## Work request
Return verbatim every line from the first line of the data below to the line that contains "fn octets_of(number: u64) -> usize", inclusive, and no further.

(Source records)
↓↓↓

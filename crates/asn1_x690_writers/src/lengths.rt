//! Lengths (X.690 8.1.3, 10.1), written before contents octets that exist already.

ghost use Rattle.std.specs.Prelude.{◌≡◌, ◌+◌, ◌-◌, ◌*◌, ◌/◌, ◌%◌, ◌^◌, ◌<◌, ◌≤◌, ℕ, Bool, List, length, take, drop};
ghost use Rattle.asn1_bits.specs.Bits.{bits, digits};
ghost use Rattle.asn1_x690.specs.Elements.{length_octets};
ghost use Rattle.asn1_x690_writers.specs.Written.{AreNotCut, HaveBits, IsLengthBefore};

use asn1_bits::{Turns, overwrite_number};

/// The octets of a length, as a number and its width in bits.
#[derive(Clone, Copy, Debug)]
struct LengthOctets {
    value: u128,
    width: usize,
}

/// Returns how many octets hold a number above 0.
fn octets_of(number: u64) -> usize
    requires { 0 < number }
    ensures some { 0 < result }
    ensures few { result ≤ 8 }
    ensures holds { number < 2 ^ (8 * result) }
    ensures least { 2 ^ (8 * (result - 1)) ≤ number }
{
    for octets in 1..8usize {
        if number < 1u64 << (8 * octets) {
            return octets;
        }
    }
    8
}

/// Returns the octets of a length of 128 or more (8.1.3.5).
fn long_length_of(count: usize) -> LengthOctets
    requires { 128 ≤ count }
    ensures encodes { (node : ℕ) → (length_octets node).encodes count (digits result.value result.width) }
    ensures whole { result.width % 8 ≡ 0 }
    ensures some { 8 ≤ result.width }
    ensures few { result.width ≤ 72 }
{
    let more = octets_of(count as u64);
    let first = (128 + more) as u128;
    LengthOctets {
        value: (first << (8 * more)) + count as u128,
        width: 8 + 8 * more,
    }
}

/// Returns the octets of a length.
fn length_of(count: usize) -> LengthOctets
    ensures encodes { (node : ℕ) → (length_octets node).encodes count (digits result.value result.width) }
    ensures whole { result.width % 8 ≡ 0 }
    ensures some { 8 ≤ result.width }
    ensures few { result.width ≤ 72 }
{
    if count >= 128 {
        return long_length_of(count);
    }
    LengthOctets {
        value: count as u128,
        width: 8,
    }
}

/// Moves `count` octets from one index to another.
fn move_contents(octets: &mut [u8], count: usize, from: usize, to: usize)
    requires from { from + count ≤ length octets.old }
    requires to { to + count ≤ length octets.old }
    ensures { take (8 * count) (drop (8 * to) (bits octets.new)) ≡ take (8 * count) (drop (8 * from) (bits octets.old)) }
{
    if from != to {
        octets.copy_within(from..from + count, to);
    }
}

/// Writes the length of `count` contents octets before them (X.690 8.1.3, 10.1). Returns how many
/// bits the length has.
///
/// The contents must begin after `reserved` octets. They are moved if their length takes another number
/// of octets. Nothing is written if the octets are too few for the contents, either there or after their
/// length.
#[inline(always)]
pub fn put_length_before(octets: &mut [u8], reserved: usize, count: usize) -> usize
    requires size { 8 * length octets.old < 2 ^ 64 }
    requires few { 8 * count < 2 ^ 64 }
    requires reserved { 8 * reserved < 2 ^ 64 }
    ensures some { 8 ≤ result }
    ensures few { result ≤ 72 }
    ensures whole { result % 8 ≡ 0 }
    ensures before { (contents : List Bool) → length contents ≡ 8 * count → HaveBits octets.old (8 * reserved) contents
        → AreNotCut octets.old reserved count result → IsLengthBefore contents count octets.new result }
{
    if count >= 128 || reserved != 1 {
        return put_length_and_move(octets, reserved, count);
    }
    if count < octets.len() {
        octets[0] = count as u8;
    }
    8
}

/// Writes a length as [`put_length_before`] does.
#[inline(never)]
fn put_length_and_move(octets: &mut [u8], reserved: usize, count: usize) -> usize
    requires size { 8 * length octets.old < 2 ^ 64 }
    requires few { 8 * count < 2 ^ 64 }
    requires reserved { 8 * reserved < 2 ^ 64 }
    ensures some { 8 ≤ result }
    ensures few { result ≤ 72 }
    ensures whole { result % 8 ≡ 0 }
    ensures before { (contents : List Bool) → length contents ≡ 8 * count → HaveBits octets.old (8 * reserved) contents
        → AreNotCut octets.old reserved count result → IsLengthBefore contents count octets.new result }
{
    let length = length_of(count);
    let own = length.width / 8;
    if own.max(reserved) + count <= octets.len() {
        move_contents(octets, count, reserved, own);
        overwrite_number(octets, 0, length.value, length.width, &mut Turns::new());
    }
    length.width
}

↑↑↑

## Finished exercise
filename crates/asn1_x690_writers/src/lengths.rt
//! Lengths (X.690 8.1.3, 10.1), written before contents octets that exist already.

ghost use Rattle.std.specs.Prelude.{◌≡◌, ◌+◌, ◌-◌, ◌*◌, ◌/◌, ◌%◌, ◌^◌, ◌<◌, ◌≤◌, ℕ, Bool, List, length, take, drop};
ghost use Rattle.asn1_bits.specs.Bits.{bits, digits};
ghost use Rattle.asn1_x690.specs.Elements.{length_octets};
ghost use Rattle.asn1_x690_writers.specs.Written.{AreNotCut, HaveBits, IsLengthBefore};

use asn1_bits::{Turns, overwrite_number};

/// The octets of a length, as a number and its width in bits.
#[derive(Clone, Copy, Debug)]
struct LengthOctets {
    value: u128,
    width: usize,
}

/// Returns how many octets hold a number above 0.
fn octets_of(number: u64) -> usize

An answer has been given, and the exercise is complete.